PROBLEM STATEMENT:
Retype the line with "SummarizesInPart name.now (R.given" in it, then each line after it to the end of the data, word for word.

(Dataset entries)

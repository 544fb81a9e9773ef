//! Writing the summary of a capture.
//!
//! The text is made once the capture was read to its end.

ghost use Rattle.std.specs.Prelude.{◌≡◌, ◌≢◌, ◌≤◌, ◌+◌, Err, IfErr, IfOk, IsErrOf, OnOk};
ghost use Rattle.rtk_frame.specs.Stream.{CountRises};
ghost use Rattle.rtk_survey.specs.Summary.{IsSummaryOf, Summarizes, SummarizesInPart, HasRisenBy};
ghost use Rattle.rtk_survey.specs.declared.survey_fault.SurveyFault.TheVariants.{Read, Endless, Write};

use crate::lines::summary_lines;
use crate::reading::survey_capture;
use crate::survey_fault::SurveyFault;
use rtk_frame::{Sink, Source, write_all};
use std::alloc::Global;

// The lines of the capture of this name, which is read once, to its end.
fn lines_of<R: Source>(
    alloc: Global,
    name: &[u8],
    reader: &mut R,
    max_reads: u64,
) -> Result<Vec<u8>, SurveyFault>
    ensures lines { IfOk result (λ lines. IsSummaryOf name.now (R.given reader.old) (R.given reader.new) lines.items) }
    ensures to_the_end { OnOk result (R.is_at_end reader.new) }
    ensures reads { R.calls reader.new ≤ R.calls reader.old + max_reads }
    ensures read_failed { IsErrOf result Read → CountRises (R.failures reader.old) (R.failures reader.new) }
    ensures no_failed_read { result ≢ Err Read → R.failures reader.new ≡ R.failures reader.old }
    ensures endless { IsErrOf result Endless → HasRisenBy (R.calls reader.old) (R.calls reader.new) max_reads }
    ensures no_write { IsErrOf result Write → ⊥ }
{
    let survey = survey_capture(alloc, reader, None, max_reads)?;
    Ok(summary_lines(alloc, name, &survey)?)
}

/// Reads the capture of this name once, to its end, and writes what it holds.
pub fn summarize<R: Source, W: Sink>(
    alloc: Global,
    name: &[u8],
    reader: &mut R,
    out: &mut W,
    max_reads: u64,
) -> Result<(), SurveyFault>
    // Done: what was read, and what is out.
    ensures summary { OnOk result (Summarizes name.now (R.given reader.old) (R.given reader.new) (W.taken out.old) (W.taken out.new)) }
    ensures to_the_end { OnOk result (R.is_at_end reader.new) }
    ensures reads { R.calls reader.new ≤ R.calls reader.old + max_reads }

    // Each fault comes only if its cause is there, and no call fails without its fault.
    ensures read_failed { IsErrOf result Read → CountRises (R.failures reader.old) (R.failures reader.new) }
    ensures no_failed_read { result ≢ Err Read → R.failures reader.new ≡ R.failures reader.old }
    ensures endless { IsErrOf result Endless → HasRisenBy (R.calls reader.old) (R.calls reader.new) max_reads }
    ensures write_failed { IsErrOf result Write → CountRises (W.failures out.old) (W.failures out.new) }
    ensures no_failed_write { result ≢ Err Write → W.failures out.new ≡ W.failures out.old }

    // Not done: nothing is out, but a first part after a failed write.
    ensures part { IsErrOf result Write
        → SummarizesInPart name.now (R.given reader.old) (R.given reader.new) (W.taken out.old) (W.taken out.new) }
    ensures nothing { IfErr result (λ fault. fault ≢ Write → W.taken out.new ≡ W.taken out.old) }
{
    let lines = lines_of(alloc, name, reader, max_reads)?;
    if write_all(out, lines.as_slice()).is_err() {
        return Err(SurveyFault::Write);
    }
    Ok(())
}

ANSWER BOX:
        → SummarizesInPart name.now (R.given reader.old) (R.given reader.new) (W.taken out.old) (W.taken out.new) }
    ensures nothing { IfErr result (λ fault. fault ≢ Write → W.taken out.new ≡ W.taken out.old) }
{
    let lines = lines_of(alloc, name, reader, max_reads)?;
    if write_all(out, lines.as_slice()).is_err() {
        return Err(SurveyFault::Write);
    }
    Ok(())
}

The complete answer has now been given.